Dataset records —
* * * *
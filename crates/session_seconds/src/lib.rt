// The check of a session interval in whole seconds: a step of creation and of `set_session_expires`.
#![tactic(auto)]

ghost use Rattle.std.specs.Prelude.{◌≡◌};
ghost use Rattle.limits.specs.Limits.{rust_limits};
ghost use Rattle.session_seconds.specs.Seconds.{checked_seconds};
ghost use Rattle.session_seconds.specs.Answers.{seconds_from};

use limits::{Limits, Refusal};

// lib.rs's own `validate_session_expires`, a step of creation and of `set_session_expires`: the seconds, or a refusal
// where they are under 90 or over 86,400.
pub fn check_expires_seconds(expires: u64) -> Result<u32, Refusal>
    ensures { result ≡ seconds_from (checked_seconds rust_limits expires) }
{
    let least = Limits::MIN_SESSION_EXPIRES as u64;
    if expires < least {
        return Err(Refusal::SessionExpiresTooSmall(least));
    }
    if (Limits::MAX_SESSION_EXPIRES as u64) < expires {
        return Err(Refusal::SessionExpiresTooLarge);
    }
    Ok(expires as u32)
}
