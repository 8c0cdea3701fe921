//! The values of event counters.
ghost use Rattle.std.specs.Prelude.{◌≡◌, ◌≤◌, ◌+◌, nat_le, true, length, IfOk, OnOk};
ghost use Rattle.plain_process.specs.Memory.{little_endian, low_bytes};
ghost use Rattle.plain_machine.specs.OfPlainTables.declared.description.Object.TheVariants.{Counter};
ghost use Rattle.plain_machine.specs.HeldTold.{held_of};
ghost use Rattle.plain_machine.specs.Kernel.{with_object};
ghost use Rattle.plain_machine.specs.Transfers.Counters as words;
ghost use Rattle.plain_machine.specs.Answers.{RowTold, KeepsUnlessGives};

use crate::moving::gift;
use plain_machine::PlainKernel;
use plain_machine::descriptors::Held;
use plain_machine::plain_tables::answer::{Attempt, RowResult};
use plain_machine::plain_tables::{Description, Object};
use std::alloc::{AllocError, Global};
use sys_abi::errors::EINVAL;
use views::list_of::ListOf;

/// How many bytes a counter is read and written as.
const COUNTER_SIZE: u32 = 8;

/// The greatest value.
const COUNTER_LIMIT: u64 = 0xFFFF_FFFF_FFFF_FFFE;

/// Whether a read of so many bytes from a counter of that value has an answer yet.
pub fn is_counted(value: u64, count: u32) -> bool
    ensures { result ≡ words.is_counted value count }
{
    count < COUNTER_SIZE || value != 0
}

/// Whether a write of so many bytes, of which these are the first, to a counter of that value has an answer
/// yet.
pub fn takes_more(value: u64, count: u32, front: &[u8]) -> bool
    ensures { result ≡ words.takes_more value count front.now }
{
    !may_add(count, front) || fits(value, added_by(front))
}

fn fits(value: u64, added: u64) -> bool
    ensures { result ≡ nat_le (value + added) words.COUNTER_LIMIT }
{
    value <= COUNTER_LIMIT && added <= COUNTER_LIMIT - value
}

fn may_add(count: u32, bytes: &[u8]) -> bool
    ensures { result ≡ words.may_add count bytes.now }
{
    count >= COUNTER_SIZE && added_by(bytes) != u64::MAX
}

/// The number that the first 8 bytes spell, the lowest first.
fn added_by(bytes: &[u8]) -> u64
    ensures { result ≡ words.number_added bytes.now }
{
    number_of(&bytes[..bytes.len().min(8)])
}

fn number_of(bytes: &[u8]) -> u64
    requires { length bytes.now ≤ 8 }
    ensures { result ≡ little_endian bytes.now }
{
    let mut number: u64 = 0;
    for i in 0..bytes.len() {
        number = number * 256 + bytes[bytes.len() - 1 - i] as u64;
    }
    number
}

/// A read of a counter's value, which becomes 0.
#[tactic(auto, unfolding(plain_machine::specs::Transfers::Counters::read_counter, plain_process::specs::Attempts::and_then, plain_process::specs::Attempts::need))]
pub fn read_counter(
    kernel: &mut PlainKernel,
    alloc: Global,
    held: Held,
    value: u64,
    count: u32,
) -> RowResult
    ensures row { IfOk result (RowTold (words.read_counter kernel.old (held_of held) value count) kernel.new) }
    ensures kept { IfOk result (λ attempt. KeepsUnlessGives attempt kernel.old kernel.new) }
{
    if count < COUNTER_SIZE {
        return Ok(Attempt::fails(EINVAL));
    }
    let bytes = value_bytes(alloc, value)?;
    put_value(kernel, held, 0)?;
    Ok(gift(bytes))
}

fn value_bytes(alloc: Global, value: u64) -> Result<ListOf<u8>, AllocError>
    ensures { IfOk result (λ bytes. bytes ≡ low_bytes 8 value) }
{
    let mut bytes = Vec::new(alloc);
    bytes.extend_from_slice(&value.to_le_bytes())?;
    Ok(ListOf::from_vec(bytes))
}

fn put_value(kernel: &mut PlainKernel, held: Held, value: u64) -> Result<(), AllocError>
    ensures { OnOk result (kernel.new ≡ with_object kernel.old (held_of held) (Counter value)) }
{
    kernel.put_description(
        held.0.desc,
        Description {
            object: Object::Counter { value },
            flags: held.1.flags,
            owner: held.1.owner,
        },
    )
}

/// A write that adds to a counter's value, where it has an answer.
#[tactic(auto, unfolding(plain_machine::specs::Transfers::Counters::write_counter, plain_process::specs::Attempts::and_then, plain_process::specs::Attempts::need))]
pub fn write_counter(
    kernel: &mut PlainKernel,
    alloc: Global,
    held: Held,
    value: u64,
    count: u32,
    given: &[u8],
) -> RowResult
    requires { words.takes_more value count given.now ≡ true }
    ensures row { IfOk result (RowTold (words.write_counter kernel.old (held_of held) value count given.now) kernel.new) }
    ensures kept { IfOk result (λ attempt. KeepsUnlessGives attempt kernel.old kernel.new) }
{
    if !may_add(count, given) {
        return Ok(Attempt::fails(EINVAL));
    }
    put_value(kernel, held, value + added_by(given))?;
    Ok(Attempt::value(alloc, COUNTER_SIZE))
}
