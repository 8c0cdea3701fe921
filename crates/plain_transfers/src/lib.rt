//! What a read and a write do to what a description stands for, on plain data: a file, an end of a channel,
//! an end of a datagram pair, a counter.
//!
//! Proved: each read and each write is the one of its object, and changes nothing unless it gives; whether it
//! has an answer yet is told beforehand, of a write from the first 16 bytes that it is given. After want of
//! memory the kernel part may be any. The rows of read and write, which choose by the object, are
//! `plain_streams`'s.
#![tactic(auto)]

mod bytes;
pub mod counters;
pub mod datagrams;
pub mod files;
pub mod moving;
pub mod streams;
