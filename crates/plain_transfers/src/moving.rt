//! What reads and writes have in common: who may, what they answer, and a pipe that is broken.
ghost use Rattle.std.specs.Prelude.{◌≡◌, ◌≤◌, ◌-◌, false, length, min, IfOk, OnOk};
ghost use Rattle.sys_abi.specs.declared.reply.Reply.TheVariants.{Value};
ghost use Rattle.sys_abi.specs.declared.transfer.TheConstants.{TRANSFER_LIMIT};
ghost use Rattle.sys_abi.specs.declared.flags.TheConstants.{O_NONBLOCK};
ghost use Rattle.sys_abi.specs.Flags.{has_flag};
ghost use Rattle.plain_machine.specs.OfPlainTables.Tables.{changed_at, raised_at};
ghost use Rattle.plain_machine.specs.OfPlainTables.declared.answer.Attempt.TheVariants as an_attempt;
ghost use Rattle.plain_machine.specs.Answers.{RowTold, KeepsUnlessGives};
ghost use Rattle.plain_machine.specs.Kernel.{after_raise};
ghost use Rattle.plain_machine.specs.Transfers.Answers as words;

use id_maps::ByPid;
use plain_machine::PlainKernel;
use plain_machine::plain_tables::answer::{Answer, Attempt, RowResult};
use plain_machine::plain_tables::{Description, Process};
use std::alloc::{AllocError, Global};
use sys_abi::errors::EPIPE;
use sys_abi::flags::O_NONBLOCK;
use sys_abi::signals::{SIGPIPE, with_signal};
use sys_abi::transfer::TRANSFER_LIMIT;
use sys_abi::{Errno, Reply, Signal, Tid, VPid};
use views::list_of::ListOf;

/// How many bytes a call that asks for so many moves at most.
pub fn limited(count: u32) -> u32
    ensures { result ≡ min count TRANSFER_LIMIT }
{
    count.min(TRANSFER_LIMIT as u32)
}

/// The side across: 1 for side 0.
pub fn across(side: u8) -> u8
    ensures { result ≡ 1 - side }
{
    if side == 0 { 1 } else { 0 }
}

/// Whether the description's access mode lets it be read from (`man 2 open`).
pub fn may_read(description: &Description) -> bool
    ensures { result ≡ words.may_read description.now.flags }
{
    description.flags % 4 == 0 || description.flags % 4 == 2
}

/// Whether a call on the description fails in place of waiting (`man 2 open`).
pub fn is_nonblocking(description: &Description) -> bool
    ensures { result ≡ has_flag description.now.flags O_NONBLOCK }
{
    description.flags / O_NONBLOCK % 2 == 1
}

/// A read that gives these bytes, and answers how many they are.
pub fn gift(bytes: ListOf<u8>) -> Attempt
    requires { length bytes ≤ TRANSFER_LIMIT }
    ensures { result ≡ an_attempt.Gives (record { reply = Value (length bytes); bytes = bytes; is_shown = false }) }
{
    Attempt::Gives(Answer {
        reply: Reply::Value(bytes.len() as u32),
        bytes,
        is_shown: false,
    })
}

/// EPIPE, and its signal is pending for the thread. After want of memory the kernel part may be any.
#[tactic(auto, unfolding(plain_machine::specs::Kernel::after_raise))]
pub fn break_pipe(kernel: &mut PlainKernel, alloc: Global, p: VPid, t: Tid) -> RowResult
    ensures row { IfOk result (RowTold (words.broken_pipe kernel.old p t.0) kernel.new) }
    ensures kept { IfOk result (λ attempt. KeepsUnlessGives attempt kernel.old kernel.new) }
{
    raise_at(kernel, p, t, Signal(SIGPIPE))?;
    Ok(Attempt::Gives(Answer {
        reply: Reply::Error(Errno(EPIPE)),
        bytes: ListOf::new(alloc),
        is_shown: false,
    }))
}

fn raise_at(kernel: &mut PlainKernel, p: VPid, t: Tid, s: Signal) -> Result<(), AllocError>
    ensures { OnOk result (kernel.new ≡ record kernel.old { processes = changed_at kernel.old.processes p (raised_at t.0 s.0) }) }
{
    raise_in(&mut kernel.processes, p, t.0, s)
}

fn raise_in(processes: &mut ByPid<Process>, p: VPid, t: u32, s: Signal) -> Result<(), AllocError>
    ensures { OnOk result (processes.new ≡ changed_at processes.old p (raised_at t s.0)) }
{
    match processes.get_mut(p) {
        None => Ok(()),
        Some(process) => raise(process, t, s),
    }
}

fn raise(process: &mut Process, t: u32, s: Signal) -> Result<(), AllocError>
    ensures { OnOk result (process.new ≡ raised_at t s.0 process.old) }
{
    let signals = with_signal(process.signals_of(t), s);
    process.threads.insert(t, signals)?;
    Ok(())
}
* * * *
Find the word "TheVariants" in the data and copy out each line where it turns up.

ghost use Rattle.plain_machine.specs.OfPlainTables.declared.description.Object.TheVariants.{Counter};
ghost use Rattle.sys_abi.specs.declared.reply.Reply.TheVariants.{Value};
ghost use Rattle.plain_machine.specs.OfPlainTables.declared.answer.Attempt.TheVariants as an_attempt;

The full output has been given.